Die Quarterlife-Crisis
von Dr. phil. Sonja Deml | 19. Juli 2021
Immer mehr junge Menschen befinden sich in einer Sinnkrise. Was sind die Auslöser und wie können Betroffene die Quarterlife-Crisis überwinden?
Menschen, die ihre Ausbildung gerade beendet haben, können nun voll durchstarten. Ihnen bieten sich vielfältige Chancen und die Welt steht ihnen offen. Diese Generation hat zwar auf den ersten Blick mehr Möglichkeiten der Lebensgestaltung als ihre Eltern und Großeltern, doch zum einen werden die jungen Menschen durch Corona ihrer Möglichkeiten beraubt und zum anderen kann diese Wahlfreiheit auch überfordern.

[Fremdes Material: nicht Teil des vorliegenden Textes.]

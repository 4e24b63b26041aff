//! Draws what happened as a script was played, as a message sequence: the spaces as lines that go down, frames as arrows between them,
//! a cross where one is lost, and leases as bars. The same as lines of text, and what was counted in each space.
//!
//! A record is data: whatever it says, drawing it ends, and reads nothing out of range.
#![tactic(auto)]

pub use counted::put_counts;
pub use svg::put_svg;
pub use told::put_text;

mod builder;
mod chart;
mod counted;
mod escaping;
mod leases;
mod links;
mod svg;
mod told;
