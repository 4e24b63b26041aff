//! What is drawn, by lanes and rows: a lane is a space, by its number, and rows go down.

use std::alloc::Global;

// What becomes of what goes from one lane to another, and in which row.
#[derive(Clone, Copy, PartialEq, Eq)]
pub(crate) enum Fate {
    OnItsWay,
    Came(usize),
    Lost(usize),
}

// What an arrow stands for.
#[derive(Clone, Copy, PartialEq, Eq)]
pub(crate) enum ArrowStyle {
    // A frame of a call or a look-up.
    Call,
    // A frame of a lease.
    Lease,
    // A connection that is opened or ends, or a Hello.
    Connection,
}

// What goes from one lane to another: it leaves in a row.
#[derive(Drop)]
pub(crate) struct Arrow {
    pub from: usize,
    pub to: usize,
    pub row: usize,
    pub fate: Fate,
    pub style: ArrowStyle,
    pub label: String,
}

// What a mark at a lane stands for.
#[derive(Clone, Copy, PartialEq, Eq)]
pub(crate) enum MarkStyle {
    // A space does what a line asks.
    Obeyed,
    // A root or a look-up begins, or ends.
    Task,
    // Something fails or is denied.
    Failed,
    // Time passes, or objects are withdrawn.
    Owner,
}

// What happens at one lane.
#[derive(Drop)]
pub(crate) struct Mark {
    pub lane: usize,
    pub row: usize,
    pub style: MarkStyle,
    pub label: String,
}

// How a lease ends.
#[derive(Clone, Copy, PartialEq, Eq)]
pub(crate) enum LeaseEnd {
    Cleaned,
    Lapsed,
}

impl LeaseEnd {
    pub fn word(self) -> &'static str {
        match self {
            LeaseEnd::Cleaned => "cleaned",
            LeaseEnd::Lapsed => "lapsed",
        }
    }
}

// A lease that an owner granted to a client: from which row on and, if it ended, until which, and how. Bars of one side of a lane that
// stand at once have different slots.
#[derive(Drop)]
pub(crate) struct Bar {
    pub owner: usize,
    pub client: usize,
    pub slot: usize,
    pub row: usize,
    pub end: Option<(usize, LeaseEnd)>,
    pub object: u64,
}

impl Bar {
    // Whether it stands on the right of its lane: it stands on the side away from its client.
    pub fn is_right(&self) -> bool {
        self.client < self.owner
    }
}

// What is told of leases that begin or end in a row: on a side of their owner's lane, beyond so many slots.
#[derive(Drop)]
pub(crate) struct Note {
    pub owner: usize,
    pub is_right: bool,
    pub slots: usize,
    pub row: usize,
    pub text: String,
}

// A line of the script, and the row from which on it is played.
#[derive(Drop)]
pub(crate) struct Caption {
    pub row: usize,
    pub number: usize,
    pub text: String,
}

// What happened, in its order, by indices.
#[derive(Clone, Copy)]
pub(crate) enum Entry {
    Caption(usize),
    Mark(usize),
    Left(usize),
    Came(usize),
    Lost(usize),
    Granted(usize),
    Ended(usize),
}

// All that is drawn.
#[derive(Drop)]
pub(crate) struct Chart {
    pub rows: usize,
    pub captions: Vec<Caption>,
    pub arrows: Vec<Arrow>,
    pub marks: Vec<Mark>,
    pub bars: Vec<Bar>,
    pub notes: Vec<Note>,
    pub entries: Vec<Entry>,
}

impl Chart {
    // Nothing.
    pub fn new(alloc: Global) -> Chart {
        Chart {
            rows: 0,
            captions: Vec::new(alloc),
            arrows: Vec::new(alloc),
            marks: Vec::new(alloc),
            bars: Vec::new(alloc),
            notes: Vec::new(alloc),
            entries: Vec::new(alloc),
        }
    }
}
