impl Slots {
    fn new(alloc: Global) -> Slots {
        Slots {
            free: BTreeSet::new(alloc),
            next: 0,
        }
    }

    fn take(&mut self) -> usize {
        match self.free.pop_first() {
            Some(slot) => slot,
            None => {
                let slot = self.next;
                self.next = slot.saturating_add(1);
                slot
            }
        }
    }

    fn give_back(&mut self, slot: usize) -> Result<(), AllocError> {
        self.free.insert(slot)?;
        Ok(())
    }
}

// A chart as it grows.
#[derive(Drop)]
struct Builder<'a> {
    alloc: Global,
    names: &'a [String],
    happenings: &'a [Happening],
    chart: Chart,
    // Whether nothing stands in the last row but a line of the script, so what happens next may stand there.
    is_open: bool,
    links: Vec<Link>,
    owners: Vec<Owner>,
}

// Returns what is drawn of a record.
pub(crate) fn chart_of(alloc: Global, record: &ScriptRecord) -> Result<Chart, AllocError> {
    let mut owners = Vec::new(alloc);
    for _ in record.names() {
        owners.push(Owner {
            moment: 0,
            leases: Leases::new(alloc),
            left: Slots::new(alloc),
            right: Slots::new(alloc),
        })?;
    }
    let mut builder = Builder {
        alloc,
        names: record.names(),
        happenings: record.happenings(),
        chart: Chart::new(alloc),
        is_open: false,
        links: Vec::new(alloc),
        owners,
    };
    for (index, happening) in record.happenings().iter().enumerate() {
        builder.add(index, happening)?;
    }
    Ok(builder.chart)
}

Zudem entstehen Druck und Unsicherheit, wenn man das Gefühl hat, nicht das Beste aus seinem Leben zu machen. Das führt immer häufiger in eine Sinnkrise, die Quarterlife-Crisis genannt wird.
Definition Quarterlife-Crisis
Mit Quarterlife-Crisis wird die Sinnkrise von Menschen zwischen 21 und 29 Jahren bezeichnet. Doch der Altersrahmen kann auch um ein paar Jahre differieren. Diese jungen Menschen haben gerade einen wichtigen Lebensabschnitt beendet, indem sie ihre berufliche Ausbildung oder ein Studium absolviert haben und sich nun in einer wichtigen Umbruchphase befinden. Das erste Viertel ihres Lebens haben sie bereits hinter sich und sie müssen nun entscheiden, wohin ihr Weg gehen soll. Dabei beschäftigen sie sich nicht nur mit beruflichen Entscheidungen, sondern auch mit privaten hinsichtlich Partnerschaft und Familienplanung. Es geht ständig um das Thema, das Bestmögliche aus dem Leben machen zu müssen. Schließlich müssen alle Entscheidungen gut durchdacht sein und die Angst, dabei Fehler zu machen, ist groß. Dieser Druck kann zu einer starken Krise führen.
Symptome der Quarterlife-Crisis
Die Krise kann unterschiedlich ausgeprägt sein, doch die Symptome sind ähnlich. Es geht immer wieder um Unsicherheit und Orientierungslosigkeit. Die Betroffenen fühlen sich überfordert, frustriert und unzufrieden. Sie haben das Gefühl, defizitär zu sein und nicht genügend zu leisten. Deshalb stellen sie ihre eigene Identität, ihre Wünsche und Vorstellungen, aber auch ihre berufliche Situation und ihre Ausbildung in Frage. Schon jetzt stellen sie Fehler fest und wünschen sich nicht selten, nochmal neu anfangen zu können. Einige machen sogar noch eine andere Ausbildung oder hängen ein weiteres Studium an, womit sie sich bessere Chancen und mehr Zufriedenheit versprechen. Doch all das nagt am Selbstwertgefühl, macht depressiv und einsam. Zudem möchten diese jungen Menschen auch eine Partnerschaft führen, doch oft haben sie wenig Zeit dafür oder sind zu sehr mit ihren eigenen Problemen beschäftigt. Außerdem müssen sie auch hier wieder Entscheidungen treffen: Mit dem Partner zusammenziehen oder nicht, heiraten oder nicht, zusammenbleiben trotz beruflicher Trennung oder auseinandergehen in der Hoffnung, einen passendereren Partner zu finden. Wann ist überhaupt der richtige Zeitpunkt für die Familienplanung? Oder soll man auf Kinder lieber verzichten?
Wege aus der Quarterlife-Crisis
Je nachdem, wie stark die Symptome sind und wie sehr die Betroffenen darunter leiden, gibt es unterschiedliche Wege aus der Krise. Zu wissen, dass die Quarterlife-Crisis eine solche ist, hilft bereits, seine eigene Situation besser zu verstehen und kann die Lage entschärfen. Betroffene können sich selbst helfen, indem sie den Grund für ihre Situation herausfinden und versuchen, daran zu arbeiten. Gespräche mit guten Freunden oder anderen Betroffenen sind ebenfalls sehr hilfreich. Es gibt inzwischen Selbsthilfegruppen und Beratungsstellen, die mit dem Thema vertraut sind. Wenn der Leidensdruck sehr hoch ist, hilft eine Psychotherapie. Außerdem tut es gut, sich vor Augen zu führen, dass die Krise auch wieder vergeht.